Industry vet Rob Redman discovers if Blackmagic Design's free DaVinci Resolve has made the move from grading only, into a worthy editing solution with version 12...

Industry vet Rob Redman discovers if Blackmagic Design's free DaVinci Resolve has made the move from grading only, into a worthy editing solution with version 12...

Product: Resolve 12

Company: Blackmagic Design

Website: www.blackmagicdesign.com

If you read my recent review of Fusion 8, you'll know that I applaud Blackmagic Design's business method, for their software at least. Releasing software for free benefits everybody. They get to open up their market to users who they might not have otherwise connected with, and that brings with it a lot of extra feedback to aid future development. For users, they get to try out new tools and workflows before making the investment in the paid versions, which unlocks some of the higher end options.

The color tools have always been best in class but BMD have managed to improve them

DaVinci Resolve is now at version 12 and the latest update is a big one, marking out BMD's focus to move into the editing field in a more solid way. Resolve has a fantastic reputation in the color correction and grading arenas, but its editing tools were the weakest point, meaning a trip to Premiere, FCP or Avid was inevitable for pretty much every project.
Resolve 12 has gone a very long way to becoming a one stop solution for editors and colorists, with a dedicated workspace for editing, including methods to edit using a mouse or a keyboard, which will please most potential users.

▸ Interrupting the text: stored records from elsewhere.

//! The text of a condition.

ghost use Rattle.std.specs.Prelude.{◌≡◌, ◌≤◌, ◌<◌, ◌==◌, ◌∷◌, not, length, drop, option_copied, IfOk, IfSome};
ghost use Rattle.std.specs.List.{list_all};
ghost use Rattle.mdb_items.specs.Conditions.{after, comparison, comparison_named, comparison_of, comparison_with, condition, front, front_len, is_no_semicolon, is_no_space, is_operator_octet, is_space, operator_of, pieces, pieces_after};
ghost use Rattle.text_forms.specs.Names.{is_name_octet};

use crate::name_index::NameIndex;
use item_list::items::Items;
use mdb_items::container::{Comparison, Operator};
use mdb_items::texts::whole_number;
use std::alloc::{AllocError, Global};
use text_forms::is_name_octet;

fn is_space(octet: u8) -> bool
    ensures { result ≡ is_space octet }
{
    octet == b' '
}

fn is_operator_octet(octet: u8) -> bool
    ensures { result ≡ is_operator_octet octet }
{
    matches!(octet, b'!' | b'<' | b'=' | b'>')
}

fn spaces_len(text: &[u8]) -> usize
    ensures value { result ≡ front_len is_space text.now }
    ensures within { result ≤ length text.now }
{
    text.iter().take_while(|b| is_space(**b)).count()
}

fn name_len(text: &[u8]) -> usize
    ensures value { result ≡ front_len is_name_octet text.now }
    ensures within { result ≤ length text.now }
{
    text.iter().take_while(|b| is_name_octet(**b)).count()
}

fn operator_len(text: &[u8]) -> usize
    ensures value { result ≡ front_len is_operator_octet text.now }
    ensures within { result ≤ length text.now }
{
    text.iter().take_while(|b| is_operator_octet(**b)).count()
}

fn word_len(text: &[u8]) -> usize
    ensures value { result ≡ front_len is_no_space text.now }
    ensures within { result ≤ length text.now }
{
    text.iter().take_while(|b| !is_space(**b)).count()
}

fn piece_len(text: &[u8]) -> usize
    ensures value { result ≡ front_len is_no_semicolon text.now }
    ensures within { result ≤ length text.now }
{
    text.iter().take_while(|b| **b != b';').count()
}

fn are_spaces(text: &[u8]) -> bool
    ensures { result ≡ list_all is_space text.now }
{
    text.iter().all(|b| is_space(*b))
}

fn after_spaces(text: &[u8]) -> &[u8]
    ensures { result.now ≡ after is_space text.now }
{
    let len = spaces_len(text);
    &text[len..]
}

fn operator_of(text: &[u8]) -> Option<Operator>
    ensures { result ≡ operator_of text.now }
{
    if text == b"==".as_slice() {
        Some(Operator::Equal)
    } else if text == b"!=".as_slice() {
        Some(Operator::NotEqual)
    } else if text == b"<".as_slice() {
        Some(Operator::Less)
    } else if text == b"<=".as_slice() {
        Some(Operator::LessOrEqual)
    } else if text == b">".as_slice() {
        Some(Operator::Greater)
    } else if text == b">=".as_slice() {
        Some(Operator::GreaterOrEqual)
    } else {
        None
    }
}

/// A number, and then spaces alone.
fn comparison_with(
    parameter: Option<usize>,
    operator: Option<Operator>,
    text: &[u8],
) -> Option<Comparison>
    ensures { result ≡ comparison_with parameter operator text.now }
{
    let Some(parameter) = parameter else {
        return None;
    };
    let Some(operator) = operator else {
        return None;
    };
    let len = word_len(text);
    let Some(number) = whole_number(&text[..len]) else {
        return None;
    };
    if are_spaces(&text[len..]) {
        Some(Comparison {
            parameter,
            operator,
            number,
        })
    } else {
        None
    }
}

/// An operator, and then a number, with spaces around each.
fn comparison_of(parameter: Option<usize>, text: &[u8]) -> Option<Comparison>
    ensures { result ≡ comparison_of parameter text.now }
{
    let len = operator_len(text);
    comparison_with(
        parameter,
        operator_of(&text[..len]),
        after_spaces(&text[len..]),
    )
}

fn name_front(text: &[u8]) -> &[u8]
    ensures { result.now ≡ front is_name_octet text.now }
{
    let len = name_len(text);
    &text[..len]
}

fn after_name(text: &[u8]) -> &[u8]
    ensures { result.now ≡ after is_name_octet text.now }
{
    let len = name_len(text);
    &text[len..]
}

/// A parameter's name, and then an operator and a number, with spaces around each.
fn comparison_named(parameters: &NameIndex, text: &[u8]) -> Option<Comparison>
    ensures { result ≡ comparison_named parameters.now text.now }
{
    comparison_of(
        parameters.number(name_front(text)),
        after_spaces(after_name(text)),
    )
}

/// A parameter's name, an operator and a whole number, with spaces around each.
fn comparison(parameters: &NameIndex, text: &[u8]) -> Option<Comparison>
    ensures { result ≡ comparison parameters.now text.now }
{
    comparison_named(parameters, after_spaces(text))
}

/// The octets from a place on.
fn from_place(text: &[u8], start: usize) -> &[u8]
    requires { start ≤ length text.now }
    ensures { result.now ≡ drop start text.now }
{
    &text[start..]
}

/// The piece before the first `;`, and what comes after that.
fn cut(text: &[u8]) -> (&[u8], Option<&[u8]>)
    ensures cut { pieces text.now ≡ result.0.now ∷ pieces_after (option_copied result.1) }
    ensures shorter { IfSome result.1 (λ rest. length rest.now < length text.now) }
{
    let len = piece_len(text);
    if len == text.len() {
        return (text, None);
    }
    (&text[..len], Some(from_place(text, len + 1)))
}

/// Comparisons joined by `;`, and none where the text is empty.
pub fn condition(
    alloc: Global,
    parameters: &NameIndex,
    text: &[u8],
) -> Result<Option<Items<Comparison>>, AllocError>
    ensures { IfOk result (λ c. c ≡ condition parameters.now text.now) }
{
    let mut comparisons = Items::new(alloc);
    if text.is_empty() {
        return Ok(Some(comparisons));
    }
    let mut rest = text;
    'pieces: loop {
        let (piece, later) = cut(rest);
        let Some(comparison) = comparison(parameters, piece) else {
            return Ok(None);
        };
        comparisons.push(comparison)?;
        let Some(next) = later else {
            return Ok(Some(comparisons));
        };
        rest = next;
    }
}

The editing process works as you would expect, and using keyboard shortcuts is the most efficient way of working. Moving into trim mode lets you cut, ripple, and so on, with your mouse; so using both hands will see you editing very quickly. There's also dynamic trimming which goes a step further, but I didn't get on with it so well. I think that is more about me being stuck in my ways and other users I've spoken to absolutely love it.

This is where the majority of changes has happened and all for the better. The edit room is a joy to work in, with smooth intuitive tools

These days a multicam system is essential for any NLE, and Resolve has a fantastic system, with modes for standalone angles and a form of nested angles, allowing the user to switch between grading an angle or a scene. Very, very useful indeed.

Back to the grading tools, and there are a host of additions here too, but the standout feature additions are a perspective tracker, which is as good as the tracker in Fusion. My guess is that it's the same algorithm. There's also a 3D keyer, again possibly borrowing from Fusion's excellent keyers.

My favorite, and most used, new feature is custom curves, allowing for some powerful and creative grading, with the benefit of bezier handles too.

The biggest deal here, raising Resolve to the level of the other main players in the NLE game, is the multicam tools

An added bonus for those users who deal with the audio side of things as well is that all your VST/AU plugins will work in Resolve, which could mean yet another round trip removed from your workflow too. All good, but do make sure that you update your drivers, for both GPU (keep in mind only the studio version will work with multiple GPUs) and your sound card.

A word of caution to those looking to try Resolve. You will need a fairly well specified machine to run it. You'll have to check your GPU to ensure it's supported, with enough RAM to cope with your projects. On the plus side the interface is now much more adaptable and will suit users with smaller screens or larger, including ultrawides, such as the LG 21:9 that I use, perfect for a long timeline, viewers and scopes.

BMD are on a roll with both their business model and the developments they are making with their software. I can easily see how Resolve could find itself a home on many editors, as well as colorists', workstation. The features are there and once the editing tools mature a little, Resolve could replace more circuitous workflows, so Adobe beware.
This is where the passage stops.